[Aim of the task]: In the data below, find every line that has the string "each", and copy it.

[Records for processing]:
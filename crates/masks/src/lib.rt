// Sets of masks: which of the masks of a few places have a property, one flag a mask.
#![tactic(auto)]

mod fan;
mod join;
mod parts;
mod plain;
mod submasks;

pub use fan::{Fan, MASKS};
pub use join::each;
pub use parts::times;
pub use plain::{empty, single, some};
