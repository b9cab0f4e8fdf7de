// How many places a mask has.
ghost use Rattle.std.specs.Prelude.{◌≡◌, ◌^◌, ◌≤◌, min};

// The most masks that there are, 2^12.
pub const MASKS: usize = 4096;

// A fan stands beside the arrays and not in a struct with each: one fan serves all arrays of a row, and their memory is lent.
#[derive(Clone, Copy)]
pub struct Fan {
    pub value: usize,
    ghost few: { value ≤ 12 },
}

impl Fan {
    // More than 12 places are read as 12.
    pub fn new(value: usize) -> Fan
        ensures { result.value ≡ min value 12 }
    {
        Fan {
            value: value.min(12),
        }
    }

    pub fn masks(self) -> usize
        ensures value { result ≡ 2 ^ self.value }
        ensures bound { result ≤ 4096 }
    {
        1 << self.value
    }
}
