// The masks of EMPTY, ARC and SOME.
ghost use Rattle.std.specs.Prelude.{◌≡◌, ℕ, ◌^◌, ◌<◌, ◌⊎◌, ◌↔◌};
ghost use Rattle.masks.specs.Masks.{On, Single};

use crate::fan::{Fan, MASKS};

// The mask with no place.
pub fn empty(fan: Fan, c: &mut [bool; MASKS])
    ensures { (m : ℕ) → m < 2 ^ fan.value → On c.new m ↔ (m ≡ 0) }
{
    c[..fan.masks()].fill(false);
    c[0] = true;
}

// The masks with one place, an admitted one.
pub fn single(fan: Fan, admitted: &[bool; 12], c: &mut [bool; MASKS])
    ensures { (m : ℕ) → m < 2 ^ fan.value → On c.new m ↔ Single admitted.now fan.value m }
{
    c[..fan.masks()].fill(false);
    for (j, is_admitted) in admitted[..fan.value].iter().enumerate() {
        if *is_admitted {
            c[1 << (fan.value - 1 - j)] = true;
        }
    }
}

// The masks of either set.
pub fn some(fan: Fan, a: &[bool; MASKS], b: &[bool; MASKS], c: &mut [bool; MASKS])
    ensures { (m : ℕ) → m < 2 ^ fan.value → On c.new m ↔ (On a.now m ⊎ On b.now m) }
{
    // by the place: after a zip of iter_mut a proof knows nothing of what was written
    let masks = &mut c[..fan.masks()];
    for (m, is_on) in masks.iter_mut().enumerate() {
        *is_on = a[m] || b[m];
    }
}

[Exercise solution]:
pub use join::each;
// A fan stands beside the arrays and not in a struct with each: one fan serves all arrays of a row, and their memory is lent.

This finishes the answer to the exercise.